Problem
Your answer should be an exact copy of the lines from the start of the entries to the line containing "match command(names, datum)?", both included.

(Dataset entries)
_ _ _
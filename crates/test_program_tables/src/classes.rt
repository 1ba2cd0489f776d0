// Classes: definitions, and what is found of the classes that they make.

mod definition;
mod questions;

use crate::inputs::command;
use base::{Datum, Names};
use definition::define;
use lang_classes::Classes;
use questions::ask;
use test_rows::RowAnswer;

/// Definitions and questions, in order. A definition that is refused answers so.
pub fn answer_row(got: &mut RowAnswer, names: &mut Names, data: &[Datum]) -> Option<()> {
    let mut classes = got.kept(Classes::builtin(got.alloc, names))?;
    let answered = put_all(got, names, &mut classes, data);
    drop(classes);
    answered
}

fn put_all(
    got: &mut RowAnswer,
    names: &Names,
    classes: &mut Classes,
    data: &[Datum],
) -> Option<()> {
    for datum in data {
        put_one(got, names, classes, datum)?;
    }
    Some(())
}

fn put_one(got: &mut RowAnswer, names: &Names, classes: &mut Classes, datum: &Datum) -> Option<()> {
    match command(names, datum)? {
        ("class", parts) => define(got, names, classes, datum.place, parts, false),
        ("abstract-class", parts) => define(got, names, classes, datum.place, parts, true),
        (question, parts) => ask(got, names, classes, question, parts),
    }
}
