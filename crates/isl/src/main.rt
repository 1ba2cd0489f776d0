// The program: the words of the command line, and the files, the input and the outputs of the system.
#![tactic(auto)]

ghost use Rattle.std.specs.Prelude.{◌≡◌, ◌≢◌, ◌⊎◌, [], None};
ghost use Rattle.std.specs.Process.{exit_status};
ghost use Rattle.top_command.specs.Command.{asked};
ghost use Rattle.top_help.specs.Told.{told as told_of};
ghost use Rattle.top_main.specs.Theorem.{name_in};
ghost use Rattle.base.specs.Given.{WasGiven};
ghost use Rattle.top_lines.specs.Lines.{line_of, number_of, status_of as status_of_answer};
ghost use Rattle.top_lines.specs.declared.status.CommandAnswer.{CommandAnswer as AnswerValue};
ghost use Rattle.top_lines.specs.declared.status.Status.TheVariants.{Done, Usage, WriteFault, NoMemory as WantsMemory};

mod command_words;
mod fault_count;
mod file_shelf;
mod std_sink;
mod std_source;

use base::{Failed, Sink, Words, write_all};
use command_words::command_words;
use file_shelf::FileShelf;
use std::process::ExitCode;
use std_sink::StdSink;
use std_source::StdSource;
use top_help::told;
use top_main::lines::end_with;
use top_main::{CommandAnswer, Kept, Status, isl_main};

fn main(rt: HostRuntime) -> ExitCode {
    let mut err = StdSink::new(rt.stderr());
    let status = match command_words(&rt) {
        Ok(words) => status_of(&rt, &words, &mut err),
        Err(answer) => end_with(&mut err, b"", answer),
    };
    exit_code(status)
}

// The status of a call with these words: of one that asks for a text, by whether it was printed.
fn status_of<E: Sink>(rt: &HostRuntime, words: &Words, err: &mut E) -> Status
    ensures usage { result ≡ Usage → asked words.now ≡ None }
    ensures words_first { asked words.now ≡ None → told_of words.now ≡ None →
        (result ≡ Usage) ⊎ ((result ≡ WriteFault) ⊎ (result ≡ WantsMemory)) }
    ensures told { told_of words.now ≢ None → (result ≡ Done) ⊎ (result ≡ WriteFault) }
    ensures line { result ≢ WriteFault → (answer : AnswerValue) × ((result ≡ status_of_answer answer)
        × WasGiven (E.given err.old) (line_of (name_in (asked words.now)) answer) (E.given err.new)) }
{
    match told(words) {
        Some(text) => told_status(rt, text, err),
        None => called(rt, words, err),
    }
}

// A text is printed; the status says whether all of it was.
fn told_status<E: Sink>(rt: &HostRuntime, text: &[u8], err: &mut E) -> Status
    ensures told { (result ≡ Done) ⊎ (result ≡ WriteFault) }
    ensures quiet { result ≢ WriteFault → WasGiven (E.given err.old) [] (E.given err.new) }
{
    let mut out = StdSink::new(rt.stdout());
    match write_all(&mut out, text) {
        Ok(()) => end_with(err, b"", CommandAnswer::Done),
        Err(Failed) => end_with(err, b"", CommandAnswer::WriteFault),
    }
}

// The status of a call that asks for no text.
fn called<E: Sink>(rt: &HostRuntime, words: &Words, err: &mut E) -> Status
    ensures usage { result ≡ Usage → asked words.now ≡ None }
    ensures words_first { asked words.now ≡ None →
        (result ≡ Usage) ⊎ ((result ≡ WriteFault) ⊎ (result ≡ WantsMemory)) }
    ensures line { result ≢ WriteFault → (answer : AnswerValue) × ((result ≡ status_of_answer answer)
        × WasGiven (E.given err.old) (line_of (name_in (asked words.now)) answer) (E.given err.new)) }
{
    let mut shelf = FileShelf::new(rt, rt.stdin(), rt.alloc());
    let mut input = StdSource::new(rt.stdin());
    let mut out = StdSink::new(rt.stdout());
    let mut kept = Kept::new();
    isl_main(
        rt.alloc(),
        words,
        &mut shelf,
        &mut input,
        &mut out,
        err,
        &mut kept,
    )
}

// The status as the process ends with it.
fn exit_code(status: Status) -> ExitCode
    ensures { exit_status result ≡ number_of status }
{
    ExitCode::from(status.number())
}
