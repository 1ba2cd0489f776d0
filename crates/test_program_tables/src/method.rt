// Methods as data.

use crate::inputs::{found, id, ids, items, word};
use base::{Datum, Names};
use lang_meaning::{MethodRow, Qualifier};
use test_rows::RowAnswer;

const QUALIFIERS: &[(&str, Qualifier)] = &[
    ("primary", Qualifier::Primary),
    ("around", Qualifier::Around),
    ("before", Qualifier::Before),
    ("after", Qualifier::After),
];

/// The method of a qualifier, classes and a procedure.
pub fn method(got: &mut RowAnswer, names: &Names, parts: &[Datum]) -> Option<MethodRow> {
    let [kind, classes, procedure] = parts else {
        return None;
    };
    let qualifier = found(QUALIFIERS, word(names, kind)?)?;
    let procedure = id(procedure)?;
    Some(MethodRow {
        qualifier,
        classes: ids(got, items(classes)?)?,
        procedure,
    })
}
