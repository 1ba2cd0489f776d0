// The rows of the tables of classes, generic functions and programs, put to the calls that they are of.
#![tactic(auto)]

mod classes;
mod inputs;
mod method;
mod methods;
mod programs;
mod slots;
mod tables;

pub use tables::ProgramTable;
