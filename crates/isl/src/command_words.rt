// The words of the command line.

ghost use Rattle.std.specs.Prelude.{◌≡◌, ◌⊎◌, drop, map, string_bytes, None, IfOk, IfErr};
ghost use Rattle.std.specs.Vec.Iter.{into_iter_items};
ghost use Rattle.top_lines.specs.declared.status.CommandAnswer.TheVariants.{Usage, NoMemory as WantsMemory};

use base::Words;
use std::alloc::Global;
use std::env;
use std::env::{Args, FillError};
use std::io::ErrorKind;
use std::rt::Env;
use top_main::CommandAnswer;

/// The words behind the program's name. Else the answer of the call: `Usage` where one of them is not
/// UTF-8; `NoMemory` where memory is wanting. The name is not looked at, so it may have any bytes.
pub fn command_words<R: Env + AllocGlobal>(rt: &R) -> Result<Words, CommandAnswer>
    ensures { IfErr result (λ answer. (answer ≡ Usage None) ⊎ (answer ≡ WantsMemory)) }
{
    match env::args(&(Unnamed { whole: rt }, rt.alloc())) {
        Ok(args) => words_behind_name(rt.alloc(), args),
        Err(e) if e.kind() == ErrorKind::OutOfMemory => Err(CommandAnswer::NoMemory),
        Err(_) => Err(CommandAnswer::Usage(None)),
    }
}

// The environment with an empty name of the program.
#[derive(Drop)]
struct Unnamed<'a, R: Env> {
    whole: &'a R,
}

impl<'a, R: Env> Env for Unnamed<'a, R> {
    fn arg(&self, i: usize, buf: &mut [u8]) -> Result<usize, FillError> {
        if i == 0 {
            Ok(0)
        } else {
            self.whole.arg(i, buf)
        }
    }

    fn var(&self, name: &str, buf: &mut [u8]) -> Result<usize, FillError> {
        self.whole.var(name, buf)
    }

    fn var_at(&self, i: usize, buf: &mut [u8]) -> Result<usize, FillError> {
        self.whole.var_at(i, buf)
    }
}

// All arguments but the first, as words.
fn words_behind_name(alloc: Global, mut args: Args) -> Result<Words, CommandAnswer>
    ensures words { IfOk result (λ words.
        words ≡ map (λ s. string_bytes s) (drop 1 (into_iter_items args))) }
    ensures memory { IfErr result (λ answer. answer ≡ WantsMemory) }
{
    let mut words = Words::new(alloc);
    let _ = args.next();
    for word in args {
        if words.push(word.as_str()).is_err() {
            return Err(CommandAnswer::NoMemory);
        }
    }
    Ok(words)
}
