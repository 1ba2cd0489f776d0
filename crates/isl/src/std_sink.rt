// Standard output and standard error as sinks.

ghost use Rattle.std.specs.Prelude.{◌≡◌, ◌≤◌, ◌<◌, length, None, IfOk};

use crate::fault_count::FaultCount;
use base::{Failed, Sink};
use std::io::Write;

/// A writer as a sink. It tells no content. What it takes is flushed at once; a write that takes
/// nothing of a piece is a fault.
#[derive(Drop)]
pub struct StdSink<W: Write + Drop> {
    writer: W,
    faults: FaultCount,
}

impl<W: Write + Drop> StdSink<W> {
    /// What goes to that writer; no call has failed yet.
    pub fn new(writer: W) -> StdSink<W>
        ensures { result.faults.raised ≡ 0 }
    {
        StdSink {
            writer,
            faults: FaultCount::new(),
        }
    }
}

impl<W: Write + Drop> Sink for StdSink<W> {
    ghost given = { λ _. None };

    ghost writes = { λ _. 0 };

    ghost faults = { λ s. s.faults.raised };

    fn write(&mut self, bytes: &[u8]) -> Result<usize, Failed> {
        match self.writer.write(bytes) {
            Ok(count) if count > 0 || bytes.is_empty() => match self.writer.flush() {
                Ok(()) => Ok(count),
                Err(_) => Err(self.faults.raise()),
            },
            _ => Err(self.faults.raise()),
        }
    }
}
_ _ _
Your response
filename crates/test_program_tables/src/classes.rt
repository 1ba2cd0489f776d0
// Classes: definitions, and what is found of the classes that they make.

mod definition;
mod questions;

use crate::inputs::command;
use base::{Datum, Names};
use definition::define;
use lang_classes::Classes;
use questions::ask;
use test_rows::RowAnswer;

/// Definitions and questions, in order. A definition that is refused answers so.
pub fn answer_row(got: &mut RowAnswer, names: &mut Names, data: &[Datum]) -> Option<()> {
    let mut classes = got.kept(Classes::builtin(got.alloc, names))?;
    let answered = put_all(got, names, &mut classes, data);
    drop(classes);
    answered
}

fn put_all(
    got: &mut RowAnswer,
    names: &Names,
    classes: &mut Classes,
    data: &[Datum],
) -> Option<()> {
    for datum in data {
        put_one(got, names, classes, datum)?;
    }
    Some(())
}

fn put_one(got: &mut RowAnswer, names: &Names, classes: &mut Classes, datum: &Datum) -> Option<()> {
    match command(names, datum)? {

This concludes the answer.